Crude oil lose 0.49 handles (points) in the Friday session. The Bollinger Bands are gently contracting. We witness the high of the day kiss the downward sloping channel line. The channel lines are 53.14 and 49.84. Both the stochastic indicator and the RSI re issuing a sell-signal. Our own indicator is issuing a continued buy-signal. The volume fell off in the Friday session. We see support at 50.71, 49.61, 48.60 and 44.82. Should the market breakout to the upside and close above 55.24, 59.68 will likely be the next resistance area leading to 61.25 and 61.39. It should be noted that the retreat was on heavy volume on the weekly chart.

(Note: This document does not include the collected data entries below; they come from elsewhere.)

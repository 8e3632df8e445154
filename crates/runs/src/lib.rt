// What the programs that the gate runs have in common: printing a refusal with its values, and opening a file by its number.
#![tactic(auto)]

use model::WallError;
use std::rt::Files;
use std::{fs, io};

// How many values each refusal has, by its number.
const VALUES: [usize; 21] = [
    0, 2, 4, 1, 2, 1, 1, 1, 0, 1, 0, 2, 1, 3, 3, 1, 1, 1, 0, 0, 0,
];

// A space and the number.
pub fn print_word(rt: &impl Print, n: u64) -> io::Result<()> {
    print!(rt; " {n}")
}

// A refusal's number and its values, or ok.
pub fn print_refusal(rt: &impl Print, told: Result<(), WallError>) -> io::Result<()> {
    let Err(e) = told else {
        return println!(rt; "ok");
    };
    let number = refusals::number(e);
    print!(rt; "refused {number}")?;
    let count = VALUES.get(number).copied().unwrap_or(0);
    for value in refusals::values(e).iter().take(count) {
        print_word(rt, *value)?;
    }
    println!(rt;)
}

// The file of data/ whose name is k, two digits; none where it can't be opened. The name is printed as a line.
pub fn open_numbered<R: Files + Print>(rt: &R, k: u8) -> io::Result<Option<R::File>> {
    let digits = [b'0' + k / 10 % 10, b'0' + k % 10];
    let name = str::from_utf8(&digits).unwrap();
    println!(rt; "{name}")?;
    Ok(fs::open(rt, name).ok())
}
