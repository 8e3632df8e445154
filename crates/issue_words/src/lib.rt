// What can be wrong with a building's place, and how a word says it.
#![tactic(auto)]

ghost use Rattle.std.specs.Prelude.{◌≡◌, ◌<◌};
ghost use Rattle.model.specs.Placement.{issue_word};
ghost use Rattle.model.specs.Refusal.{caps};

// An issue's word holds building (5 bits), kind (2), zero (12), index (13): one building is 2^27, one kind 2^25.
const BUILDING: u32 = 1 << 27;

const KIND: u32 = 1 << 25;

// In document 01's order.
#[derive(Clone, Copy, Debug, PartialEq, Eq)]
pub enum PlacementIssue {
    OutOfMap,
    UnbuildableTerrain,
    OverlapsObstacle { index: usize },
    OverlapsBuilding { index: usize },
}

impl PlacementIssue {
    ghost use Rattle.issue_words.specs.Issues.{issue_of, index};

    // The issue of a building as a word. The index is 0 where the kind has none.
    pub fn word(self, building: usize) -> u32
        requires building_small { building < caps.buildings }
        requires index_small { index (issue_of self) < caps.obstacles }
        ensures { result ≡ issue_word building (issue_of self) }
    {
        let (kind, index) = match self {
            PlacementIssue::OutOfMap => (0, 0),
            PlacementIssue::UnbuildableTerrain => (1, 0),
            PlacementIssue::OverlapsObstacle { index } => (2, index),
            PlacementIssue::OverlapsBuilding { index } => (3, index),
        };
        building as u32 * BUILDING + kind * KIND + index as u32
    }
}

Gold lost 2.5 handles (points) in the Friday electronic session. We see expanding Bollinger Bands and a rounding bottom. Although the market retreated in this session it continues to trade above the uptrend line. The volume was average for the session. The stochastic indicator is issuing a sell-signal at an overbought level, the RSI continues to point higher at almost overbought (74.12) and our own indicator is now issuing a sell-signal which isn’t to be taken seriously insomuch as it flips between buy and sell-signals. Gold began its sell-off at 8:30 and continued until about 9:50 when it printed 1187.50. Some heavy volume trades occurred right after that but then the volume faded away by 10:10 and we watched the market drift higher until about 2:40, all on light volume. From there the market again drifted lower. Although we would like to join the “gold bug,” we will opt to wait and see what happens going forward. Should the economy really begin expansion, we would be buyer of platinum.